*** Opening of Input data ***

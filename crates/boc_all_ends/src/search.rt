// The search of all ends.

ghost use Rattle.std.specs.Prelude.{◌≡◌, ◌+◌, ◌<◌, ◌≤◌, ◌↔◌, length, true, false, IfOk, OnOk, IsTrue, MatchBool};
ghost use Rattle.boc_program.specs.declared.limits.TheConstants.{MOST_ROWS};
ghost use Rattle.boc_front_rows.specs.Seen.{front_of};
ghost use Rattle.boc_all_ends.specs.Ends.{AnswersAll};
ghost use Rattle.boc_all_ends.specs.Gathered.{AreNoted, HasLive};
ghost use Rattle.boc_all_ends.specs.Searching.{HasReached, IsNext, StandsAt};
ghost use Rattle.boc_all_ends.specs.Spreading.{AreKept, IsPut, IsReady, IsSpread};
ghost use Rattle.boc_all_ends.specs.Stepping.{Grows, ListsFit};

use crate::ends::Ends;
use crate::found::Found;
use crate::stepper::Stepper;
use boc_front_rows::Front;
use boc_program::limits::MOST_ROWS;
use boc_progress::Progress;
use boc_registers::compiled::CompiledProgram;
use indexmap::IndexSet;
use std::alloc::{AllocError, Global};

// The fronts of one row more, unless there are more fronts than may be looked at.
#[derive(Drop)]
enum Next {
    Whole(IndexSet<Front>),
    Full,
}

// How far a search has come: whole runs of fewer rows than this have no other ends.
#[derive(Clone, Copy)]
struct Reach {
    below: u32,
    // Whether it has gone through all fronts.
    whole: bool,
    // Whether some run needs more rows than there may be.
    endless: bool,
}

// A search of the fronts of a program.
#[derive(Drop)]
struct Search<'a> {
    stepper: Stepper<'a>,
    // How many fronts may be looked at, and how many were.
    most: u32,
    fronts: u32,
    ghost within: { fronts ≤ most },
}

impl<'a> Search<'a> {
    // Puts a front among those of a layer, unless it is there. Returns whether it was among the fronts that may be looked at.
    fn put(&mut self, layer: &mut IndexSet<Front>, front: Front) -> Result<bool, AllocError>
        ensures put { IfOk result (λ b. MatchBool b (IsPut front layer.old.keys layer.new.keys) (self.new.fronts ≡ self.new.most)) }
        ensures there { OnOk result (IsPut front layer.old.keys layer.new.keys) }
        ensures stepper { self.new.stepper ≡ self.old.stepper }
        ensures most { self.new.most ≡ self.old.most }
    {
        if layer.insert(front)? {
            if self.fronts == self.most {
                return Ok(false);
            }
            self.fronts += 1;
        }
        Ok(true)
    }

    // Puts the fronts to which one spawn leads from a front among those of the next layer. Returns whether all of them may be looked at.
    fn spread(
        &mut self,
        alloc: Global,
        front: &Front,
        rows: u32,
        next: &mut IndexSet<Front>,
    ) -> Result<bool, AllocError>
        requires few { rows < MOST_ROWS }
        requires ready { IsReady self.old.stepper.program.now self.old.stepper.lists rows front.now }
        requires kept { AreKept self.old.stepper.lists (rows + 1) next.old.keys }
        requires fits { ListsFit self.old.stepper.program.now self.old.stepper.lists }
        ensures spread { IfOk result (λ b. MatchBool b (IsSpread self.new.stepper.program.now (front_of self.old.stepper.lists front.now)
            self.new.stepper.lists next.old.keys next.new.keys) (self.new.fronts ≡ self.new.most)) }
        ensures kept { OnOk result (AreKept self.new.stepper.lists (rows + 1) next.new.keys) }
        ensures grows { OnOk result (Grows self.old.stepper.lists self.new.stepper.lists) }
        ensures fits { OnOk result (ListsFit self.new.stepper.program.now self.new.stepper.lists) }
        ensures program { self.new.stepper.program.now ≡ self.old.stepper.program.now }
        ensures most { self.new.most ≡ self.old.most }
    {
        let places = self.stepper.places_to_try(alloc, front)?;
        for place in &places {
            let after = self.stepper.step(alloc, front, *place as usize)?;
            if !self.put(next, after)? {
                return Ok(false);
            }
        }
        Ok(true)
    }

    // Returns the fronts to which one spawn leads from those of N rows.
    fn next(&mut self, alloc: Global, layer: &[Front], rows: u32) -> Result<Next, AllocError>
        requires few { (1 ≤ rows) × (rows < MOST_ROWS) }
        requires layer { StandsAt self.old.stepper.program.now self.old.stepper.lists rows layer.now }
        requires fits { ListsFit self.old.stepper.program.now self.old.stepper.lists }
        ensures next { IfOk result (λ next. IsNext self.new.stepper.program.now self.new.stepper.lists rows self.new.fronts self.new.most next) }
        ensures fits { OnOk result (ListsFit self.new.stepper.program.now self.new.stepper.lists) }
        ensures program { self.new.stepper.program.now ≡ self.old.stepper.program.now }
        ensures most { self.new.most ≡ self.old.most }
    {
        let mut next = IndexSet::new(alloc);
        for front in layer {
            if !self.spread(alloc, front, rows, &mut next)? {
                return Ok(Next::Full);
            }
        }
        Ok(Next::Whole(next))
    }

    // Goes from layer to layer, from the first on, and notes their ends.
    fn go_through(
        &mut self,
        alloc: Global,
        first: IndexSet<Front>,
        ends: &mut Ends,
        progress: &mut dyn Progress,
    ) -> Result<Reach, AllocError>
        requires layer { StandsAt self.old.stepper.program.now self.old.stepper.lists 1 first.keys }
        requires fits { ListsFit self.old.stepper.program.now self.old.stepper.lists }
        requires noted { AreNoted self.old.stepper.program.now 1 ends.old }
        ensures reached { IfOk result (λ reach. HasReached self.old.stepper.program.now self.new.fronts self.old.most ends.new reach) }
    {
        let mut layer = first;
        for rows in 1..MOST_ROWS as u32 {
            ends.note_all(alloc, layer.as_slice(), rows)?;
            progress.done(self.fronts as usize, 0);
            if layer.is_empty() {
                return Ok(Reach::of_all(false));
            }
            match self.next(alloc, layer.as_slice(), rows)? {
                Next::Whole(next) => layer = next,
                Next::Full => return Ok(Reach::up_to(rows)),
            }
        }
        ends.note_all(alloc, layer.as_slice(), MOST_ROWS as u32)?;
        Ok(Reach::of_all(has_live(layer.as_slice())))
    }
}

impl Reach {
    // Returns how far a search has come that has gone through all fronts.
    fn of_all(endless: bool) -> Reach
        ensures { result ≡ record { below = MOST_ROWS + 1; whole = true; endless = endless } }
    {
        Reach {
            below: MOST_ROWS as u32 + 1,
            whole: true,
            endless,
        }
    }

    // Returns how far a search has come that stopped after the fronts of N rows.
    fn up_to(rows: u32) -> Reach
        requires { rows ≤ MOST_ROWS }
        ensures { result ≡ record { below = rows + 1; whole = false; endless = false } }
    {
        Reach {
            below: rows + 1,
            whole: false,
            endless: false,
        }
    }
}

// Returns whether one of these fronts has a live row.
fn has_live(layer: &[Front]) -> bool
    ensures { IsTrue result ↔ HasLive layer.now }
{
    for front in layer {
        if !front.live.is_empty() {
            return true;
        }
    }
    false
}

/// Returns the ends of the whole runs of a program, whatever the order in which its rows are spawned, and for each of them the smallest and the greatest
/// number of rows. The search goes by the number of rows, and stops where it would look at more fronts than `most`; then it says below which number of rows there are
/// no other ends. `progress` receives after each number of rows how many fronts were looked at. `AllocError` says that memory was refused.
pub fn all_ends(
    alloc: Global,
    program: &CompiledProgram<'_>,
    most: u32,
    progress: &mut dyn Progress,
) -> Result<Found, AllocError>
    requires { 1 ≤ most }
    ensures { AnswersAll program.now most result }
{
    let mut search = Search {
        stepper: Stepper::new(alloc, program)?,
        most,
        fronts: 1,
    };
    let mut layer = IndexSet::new(alloc);
    layer.insert(search.stepper.first(alloc)?)?;
    let mut ends = Ends::new(alloc);
    let reach = search.go_through(alloc, layer, &mut ends, progress)?;
    let fronts = search.fronts;
    progress.done(fronts as usize, fronts as usize);
    Ok(Found {
        all: ends.in_order(alloc)?,
        below: reach.below,
        whole: reach.whole,
        endless: reach.endless,
        fronts,
    })
}
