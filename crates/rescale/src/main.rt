// Inputs read again by the scale of a configuration. The first line of standard input is `CFG ..` as in a recorded history, and is
// answered by its two numbers; every later line is one input, and its reading is printed: a number, `OL` or `UL`. `?` stands for any
// other line. A configuration that is refused is followed by nothing, and where the first line is none every line is `?`. The crate
// `rescaling` has the lines and what is printed of them.
//
// Standard input is read in blocks, and standard output written in blocks, so the memory is the same for any input.
#![tactic(auto)]

ghost use Rattle.std.specs.Prelude.{◌≡◌, List, ℕ};
ghost use Rattle.text.specs.Line.{heard};
ghost use Rattle.text.specs.Output.{waiting};
ghost use Rattle.rescaling.specs.Held.{opened};
ghost use Rattle.rescale.specs.Rescale.{Stand, standing, opened_at, heard_by, printed_of};

use record::WORDS;
use rescaling::Mode;
use std::io::{Stdin, Stdout};
use text::Line;
use text::output::Out;
use text::stream::Hears;

// What goes on from line to line: what the first line has made of the program, and the output. The settings have room for those of a
// configuration. A later line changes nothing but the output.
#[derive(Drop)]
struct Program<'a> {
    mode: Mode,
    settings: [i32; WORDS],
    out: Out<'a>,
}

impl<'a> Program<'a> {
    // The first line. It comes once and stands by itself, so that no later line makes room for what it needs.
    #[inline(never)]
    fn open(&mut self, line: &Line)
        ensures { standing self.new ≡ opened_at (waiting self.old.out) (opened (heard line.now)) }
    {
        let opened = rescaling::first(line, &mut self.settings);
        self.mode = opened.mode;
        rescaling::put_said(&mut self.out, opened.said);
    }
}

impl<'a> Hears for Program<'a> {
    ghost Stand = { Stand };

    ghost standing = { standing };

    ghost heard_by = { heard_by };

    ghost writes = { λ program. program.out.pending.ok };

    // The first line decides for all the others.
    fn hear(&mut self, line: &Line) {
        if rescaling::awaits(&self.mode) {
            self.open(line);
        } else {
            rescaling::put_said(&mut self.out, rescaling::told(&self.mode, line));
        }
    }

    fn is_writing(&self) -> bool {
        self.out.is_ok()
    }
}

// The whole of standard input, whatever it is: what waits is what is printed of all its lines, by the configuration.
fn rescaled<'a>(input: Stdin, to: Stdout, buf: &'a mut [u8]) -> Program<'a>
    ensures { (stream : List ℕ) × (waiting result.out ≡ printed_of buf.entry stream) }
{
    let mut program = Program {
        mode: Mode::Awaiting,
        settings: [0; WORDS],
        out: Out::new(buf, to),
    };
    let mut line = Line::new();
    text::stream::run(&mut program, &mut line, input);
    text::stream::end(&mut program, &line);
    program
}

fn main(rt: HostRuntime) {
    let mut buf = io::large_buffer();
    let mut program = rescaled(rt.stdin(), rt.stdout(), &mut buf);
    program.out.flush();
    if !program.out.is_ok() {
        let _ = rt.stderr().write_all(b"a write failed\n");
    }
}
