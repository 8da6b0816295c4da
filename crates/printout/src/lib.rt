// What the program `replay` prints: all of it stands here, so that the program only reads, calls and writes.
#![tactic(auto)]

ghost use Rattle.text.specs.Lines.{text_of, Built};
ghost use Rattle.printout.specs.Program.{refusal_line, printed_of, Prints, Lengthened};

use bounded::Bounded;
use sheet::Answer;
use text::Line;

// What is printed: a transcript of up to 65,536 bytes, and room for one line behind it.
#[derive(Clone, Copy)]
pub struct Printout {
    pub bytes: Bounded<u8, 65600>,
}

// The answer to an input of more than 65,536 bytes, which is not run: question 1, at no line. `sheet` gives the numbers of the
// questions as C reads them, and this is its number for question 1.
const TOO_LONG: Answer = Answer {
    number: 1,
    place: 0,
    other: 0,
    written: 0,
    settled: 0,
};

// The line of a refusal. By hand in fixed memory, as text's lines are: no `Display` promises its text there.
pub fn refusal_line(l: &mut Line, number: u64, place: u64, other: u64)
    ensures { Built (refusal_line number place other) l.new }
{
    text::clear(l);
    text::push(l, b'F');
    text::push_number(l, number);
    text::push_number(l, place);
    text::push_number(l, other);
    text::push(l, b'\n');
}

impl Printout {
    // A line behind what is printed.
    fn lengthen(&mut self, l: &Line)
        ensures { Lengthened self.old (text_of l.now) self.new }
    {
        if let Some(end) = text::append(&mut self.bytes.items, self.bytes.len, l) {
            self.bytes.len = end;
        }
    }
}

// What `replay` prints of its input.
pub fn replay(input: &[u8]) -> Printout
    ensures { Prints (printed_of input.now) result }
{
    let mut bytes = [0; 65600];
    let answer = if input.len() <= 65536 {
        sheet::run(input, &mut bytes[..65536], 65536)
    } else {
        TOO_LONG
    };
    // The cast loses nothing: at most the 65,536 bytes that are lent to `run` are written.
    let mut printed = Printout {
        bytes: Bounded {
            items: bytes,
            len: answer.written as usize,
        },
    };
    if answer.number != 0 {
        let mut line = text::empty();
        refusal_line(&mut line, answer.number, answer.place, answer.other);
        printed.lengthen(&line);
    }
    printed
}
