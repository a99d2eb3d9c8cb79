// The literals of one clause as a table with a flag for each word, so that another clause is tested against them in one pass over its own literals.
#![tactic(auto)]

ghost use Rattle.std.specs.Prelude.{◌≡◌, ℕ, false, not, ◌&&◌, [], if◌then◌else◌, slice_index_or};
ghost use Rattle.marking.specs.Marks.{other_denied as denied};
ghost use Rattle.sheet.specs.Literals.{Rising, has as among};

use sheet::literal::opposite;
use std::marker::Model;

// A flag for each `u16`.
const FLAGS: usize = 65536;

// A contract sees the marked words, in ascending order.
#[derive(Drop)]
pub struct Marked {
    table: [bool; FLAGS],
}

impl Model for Marked {
    ghost use Rattle.std.specs.Prelude.{ℕ, List};
    ghost use Rattle.marking.specs.Marks.{flagged};

    ghost Value = { List ℕ };

    ghost view = { λ m. flagged m.table };
}

// Sets the flags of these literals.
#[tactic(auto, using(crate::proofs::Flags::set_more))]
fn set_all(table: &mut [bool; FLAGS], lits: &[u16], flag: bool)
    ensures { (w : ℕ) → slice_index_or table.new w false ≡ (if among w lits.now then flag else slice_index_or table.old w false) }
{
    for w in lits {
        table[usize::from(*w)] = flag;
    }
}

impl Marked {
    // No literal is marked.
    pub fn none() -> Self
        ensures { result ≡ [] }
    {
        Marked {
            table: [false; FLAGS],
        }
    }

    // Whether the literal is marked.
    #[tactic(auto, using(crate::proofs::Flags::has_flagged))]
    pub fn has(&self, w: u16) -> bool
        ensures { result ≡ among w self.now }
    {
        self.table[usize::from(w)]
    }

    // Whether `y` denies a marked literal other than `x`.
    #[tactic(auto, using(crate::proofs::Flags::other_denied_lem))]
    pub fn other_denied(&self, x: u16, y: u16) -> bool
        ensures { result ≡ denied x y self.now }
    {
        self.table[usize::from(opposite(y))] && y != opposite(x)
    }

    // Marks the literals of a clause.
    #[tactic(auto, using(crate::proofs::Flags::has_marked, crate::proofs::Flags::flagged_marked))]
    pub fn mark(&mut self, lits: &[u16])
        requires { self.old ≡ [] }
        ensures members { (w : ℕ) → among w self.new ≡ among w lits.now }
        ensures ascending { Rising lits.now → self.new ≡ lits.now }
    {
        set_all(&mut self.table, lits, true);
    }

    // Takes the flags of these literals away. That nothing may be left follows from this, and `unmark` says it.
    #[tactic(auto, using(crate::proofs::Flags::has_unmarked))]
    fn clear(&mut self, lits: &[u16])
        ensures { (w : ℕ) → among w self.new ≡ (among w self.old && not (among w lits.now)) }
    {
        set_all(&mut self.table, lits, false);
    }

    // Takes the marks of these literals away again.
    #[tactic(auto, using(crate::proofs::Flags::none_left))]
    pub fn unmark(&mut self, lits: &[u16])
        ensures members { (w : ℕ) → among w self.new ≡ (among w self.old && not (among w lits.now)) }
        ensures none { ((w : ℕ) → among w self.old ≡ among w lits.now) → self.new ≡ [] }
    {
        self.clear(lits);
    }
}
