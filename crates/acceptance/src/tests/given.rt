//! Texts of machines and loops.

pub(super) use worked_texts::{
    ABS, ACC, ACCO, ALTS, CHAIN, EDGE, FAR, FORCE, HOLD, KEEP, LAST, LATE, LONE, M1, M2, M4, POW,
    SHIFT, SUM, WRAP,
};
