//! All dependences of a loop.

ghost use Rattle.std.specs.Prelude.{◌≡◌, ℕ, IfOk, Vec};
ghost use Rattle.std.specs.Global.{Global};
ghost use Rattle.graph.specs.TablesAnswer.{TablesAnswer};
ghost use Rattle.graph.specs.Units.{first_without_table};
ghost use Rattle.graph.specs.Dependences.{latencies_of};
ghost use Rattle.graph.specs.Graphs.{IsGraphOf};
ghost use Rattle.graph.specs.Subscripts.{AreLatencies};

use crate::dependence::collect::collect;
use crate::fault::GraphFault;
use edges::{Edges, in_order};
use loop_data::Loop;
use machine_data::Machine;
use std::alloc::Global;

/// The latency of each operation of a loop.
fn latencies(alloc: Global, machine: &Machine, innermost: &Loop) -> Result<Vec<u8>, GraphFault>
    ensures exact { TablesAnswer (first_without_table machine.now innermost.now) (λ (v : Vec ℕ Global). v.items ≡ latencies_of machine.now innermost.now) result }
    ensures short { IfOk result (λ v. AreLatencies v.items) }
{
    let mut cycles = Vec::new(alloc);
    for statement in innermost.statements() {
        match machine.table(statement.opcode) {
            Some(table) => cycles.push(table.latency())?,
            None => return Err(GraphFault::NoTable(statement.opcode)),
        }
    }
    Ok(cycles)
}

/// The dependences between the operations of a loop with the latencies of a machine.
///
/// # Errors
/// [`GraphFault::NoTable`] for the first statement whose opcode the machine has no table for, and
/// [`GraphFault::Memory`] where memory ran out.
pub fn edges(alloc: Global, machine: &Machine, innermost: &Loop) -> Result<Edges, GraphFault>
    ensures exact { TablesAnswer (first_without_table machine.now innermost.now) (IsGraphOf machine.now innermost.now) result }
{
    let cycles = latencies(alloc, machine, innermost)?;
    let list = collect(alloc, innermost.statements(), cycles.as_slice())?;
    let ordered = in_order(alloc, list.as_slice(), cycles.len())?;
    Ok(Edges::new(alloc, ordered, cycles)?)
}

*** Close of Input data ***

Problem details: Search the listing above for the string "many". Copy every line that contains it.

Task solution:
    // How many fronts may be looked at, and how many were.
/// no other ends. `progress` receives after each number of rows how many fronts were looked at. `AllocError` says that memory was refused.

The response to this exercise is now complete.